#### [What is being asked]
Check each line of the records below for the word "that" and copy those where it appears.

#### [Extracted data]
• • • • •

//! The bytes of a stream that were read and not yet used.

ghost use Rattle.std.specs.Prelude.{◌≡◌, ◌≤◌, ◌<◌, ◌==◌, [], drop, length, option_map, take, IfOk, OnOk};
ghost use Rattle.std.specs.Io.KnownBytes.{Consumes, IsAtEnd, Keeps, prepend_known};
ghost use Rattle.csv.specs.Reading.{is_bom, strip_bom};

use std::io::{Read, Result};
use std::marker::Model;

/// How many bytes are read at a time, at most.
const ROOM: usize = 8192;

/// The bytes of a stream that were read and not yet used. A contract sees their list.
#[derive(Drop)]
pub(crate) struct Window {
    buffer: [u8; ROOM],
    at: usize,
    filled: usize,
}

impl Model for Window {
    ghost use Rattle.std.specs.Prelude.{ℕ, ◌≤◌, List, drop, take};

    ghost Value = { List ℕ };

    ghost view = { λ w. drop w.at (take w.filled w.buffer) };

    ghost invariant = { λ w. (w.at ≤ w.filled) × (w.filled ≤ 8192) };
}

/// Whether three bytes are a byte order mark.
fn is_mark(a: u8, b: u8, c: u8) -> bool
    ensures { result ≡ is_bom a b c }
{
    a == 0xef && b == 0xbb && c == 0xbf
}

/// How many bytes of a text are its byte order mark, if it begins with these.
fn mark_len(bytes: &[u8]) -> usize
    ensures within { result ≤ length bytes.now }
    ensures strips { drop result bytes.now ≡ strip_bom bytes.now }
{
    if bytes.len() < 3 {
        return 0;
    }
    if is_mark(bytes[0], bytes[1], bytes[2]) {
        return 3;
    }
    0
}

/// Reads the first bytes of a stream, three at least if it has as many.
fn read_head<R: Read>(stream: &mut R, buffer: &mut [u8; ROOM]) -> Result<usize>
    ensures within { IfOk result (λ filled. filled ≤ 8192) }
    ensures read { IfOk result (λ filled. Consumes (R.remaining stream.old) (R.remaining stream.new) (take filled buffer.new)) }
    ensures end { IfOk result (λ filled. filled < 3 → IsAtEnd (R.remaining stream.new)) }
{
    let mut filled = 0;
    while filled < 3 {
        let count = stream.read(&mut buffer[filled..])?;
        if count == 0 {
            return Ok(filled);
        }
        filled += count;
    }
    Ok(filled)
}

impl Window {
    /// No byte.
    pub(crate) fn new() -> Window
        ensures { result ≡ [] }
    {
        Window {
            buffer: [0; ROOM],
            at: 0,
            filled: 0,
        }
    }

    /// The first bytes of a stream, without a byte order mark.
    pub(crate) fn first<R: Read>(stream: &mut R) -> Result<Window>
        ensures { IfOk result (λ window. Keeps (option_map strip_bom (R.remaining stream.old)) (prepend_known window (R.remaining stream.new))) }
    {
        let mut buffer = [0; ROOM];
        let filled = read_head(stream, &mut buffer)?;
        let at = mark_len(&buffer[..filled]);
        Ok(Window { buffer, at, filled })
    }

    /// The bytes.
    pub(crate) fn bytes(&self) -> &[u8]
        ensures { result.now ≡ self.now }
    {
        &self.buffer[self.at..self.filled]
    }

    /// Whether there are no bytes.
    pub(crate) fn is_empty(&self) -> bool
        ensures { result ≡ (length self.now == 0) }
    {
        self.at == self.filled
    }

    /// Takes the first ones away, so many.
    pub(crate) fn skip(&mut self, count: usize)
        requires { count ≤ length self.old }
        ensures { self.new ≡ drop count self.old }
    {
        self.at += count;
    }

    /// Reads bytes of the stream in place of these. Only at its end are there none.
    pub(crate) fn read<R: Read>(&mut self, stream: &mut R) -> Result<()>
        ensures read { OnOk result (Consumes (R.remaining stream.old) (R.remaining stream.new) self.new) }
        ensures end { OnOk result (self.new ≡ [] → IsAtEnd (R.remaining stream.new)) }
    {
        let count = stream.read(&mut self.buffer)?;
        self.at = 0;
        self.filled = count;
        Ok(())
    }
}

• • • • •

#### [Reply to the exercise]
//! The bytes of a stream that were read and not yet used.
/// The bytes of a stream that were read and not yet used. A contract sees their list.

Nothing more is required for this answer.